### Trying out RAG with ollama and chromadb to informally access the text material

(ollama is recommended over hugging face for local experimentation)

#### Preliminaries

In [3]:
import gradio as gr
import ollama
import chromadb
import html

chromaclient = chromadb.PersistentClient(path="/home/imagery/crc5rag")
collection = chromaclient.get_collection(name="crc5rag")

Choose a distilled deepseek LLM appropriate to your local computer or the cloud version if you have a deepseek account. In the latter case, be surethat you are signed in to ollama,

In [2]:
#deepseek = 'deepseek-r1:7b'
#deepseek = 'deepseek-r1:14b'
deepseek = 'deepseek-v3.1:671b-cloud'

Ollama uses a docker-like syntax to pull LLM's. 
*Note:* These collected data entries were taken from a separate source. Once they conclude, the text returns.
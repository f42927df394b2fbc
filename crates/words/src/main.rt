// The program `words`: opens words that another implementation made (tests/words.py), seals them
// again, and tries each flipped bit and each cut. A line of input has: a table's name, a label, a
// pair's key in hex, the gate that opens and the other one, their tags in a talk, and a word in hex;
// words of the table `whole` are also sealed again, flipped and cut.
#![tactic(auto)]

mod trials;

use anyhow::{Context, anyhow};
use lines::decode_word;
use std::io::{BufRead, BufReader};
use std::str::FromStr;
use trials::Trial;
use wire::PairKeys;

fn main(rt: HostRuntime) -> anyhow::Result<()> {
    run(&rt)
}

fn run(rt: &HostRuntime) -> anyhow::Result<()> {
    for line in BufReader::new(rt.alloc(), rt.stdin())?.lines(rt.alloc()) {
        let line = line?;
        let mut parts = line.as_str().split_whitespace();
        let Some(table) = parts.next() else {
            continue;
        };
        let label = parts.next().context("a line has no label")?;
        let key = key_of(bytes_of(rt, parts.next())?.as_slice())?;
        let own = number_of(parts.next(), "a gate")?;
        let peer = number_of(parts.next(), "a gate")?;
        let mine = number_of(parts.next(), "a tag")?;
        let theirs = number_of(parts.next(), "a tag")?;
        let mut word = bytes_of(rt, parts.next())?;
        let here = PairKeys::new(&key, own, peer);
        let there = PairKeys::new(&key, peer, own);
        let trial = Trial {
            rt,
            label,
            talk: here.talk(mine, theirs),
            here,
            there,
            mine,
            theirs,
        };
        trial.opens(word.as_slice())?;
        if table == "whole" {
            trial.seals_again(word.as_slice())?;
            trial.flips(word.as_mut_slice())?;
            trial.cuts(word.as_mut_slice())?;
        }
    }
    Ok(())
}

// The bytes of a part of hex; none where there is no part.
fn bytes_of(rt: &HostRuntime, part: Option<&str>) -> anyhow::Result<Vec<u8>> {
    decode_word(rt.alloc(), part).map_err(|_| anyhow!("a part is no hex"))
}

fn key_of(bytes: &[u8]) -> anyhow::Result<[u8; 32]> {
    bytes.try_into().ok().context("a key hasn't 32 bytes")
}

// The number that a part is, which `what` names where there is none.
fn number_of<T: FromStr>(part: Option<&str>, what: &str) -> anyhow::Result<T>
where
    T::Err: Drop,
{
    let part = part.ok_or_else(|| anyhow!("{what} is missing"))?;
    part.parse().map_err(|_| anyhow!("{what} is no number"))
}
Open a terminal window in the Launcher and enter

    ollama serve &
    
Then run the following cell (will take a few minutes the first time):

In [2]:
%%capture
!ollama pull nomic-embed-text
!ollama pull $deepseek

If you chose the cloud version of deepseek then open another terminal window and run

   ollama signin

and follow the instructions.   

#### Execute a RAG query with deepseek-r1 on the textbook contents

If you want to re-start the cell, bump the server port by one (e.g. ... .launch(server_name="0.0.0.0", server_port=7861)

In [4]:
def ragask(query):
    # Embed the query
    queryembed = ollama.embed(model="nomic-embed-text", input=query)['embeddings']
    # Retrieve related documents (eight 512-token chunks)
    relateddocs = '\n\n'.join(collection.query(query_embeddings=queryembed, n_results=4)['documents'][0])
    # Generate a response
    prompt = f"Answer the question: {query}, referring to the following text as a resource: {relateddocs}"
    response = ollama.generate(model=deepseek, prompt=prompt, stream=False)['response']   
    # Ensure the response is valid Markdown
    return html.escape(response)

# Launch Gradio Interface
gr.Interface(fn=ragask,inputs=gr.Textbox(lines=2, placeholder="Enter your question here..."),
             outputs="markdown",
             description="Ask questions about the book contents",
             title="Image Analysis, Classification and Change Detection in Remote Sensing").launch(server_name="0.0.0.0", server_port=7860)

* Running on local URL:  http://0.0.0.0:7860

To create a public link, set `share=True` in `launch()`.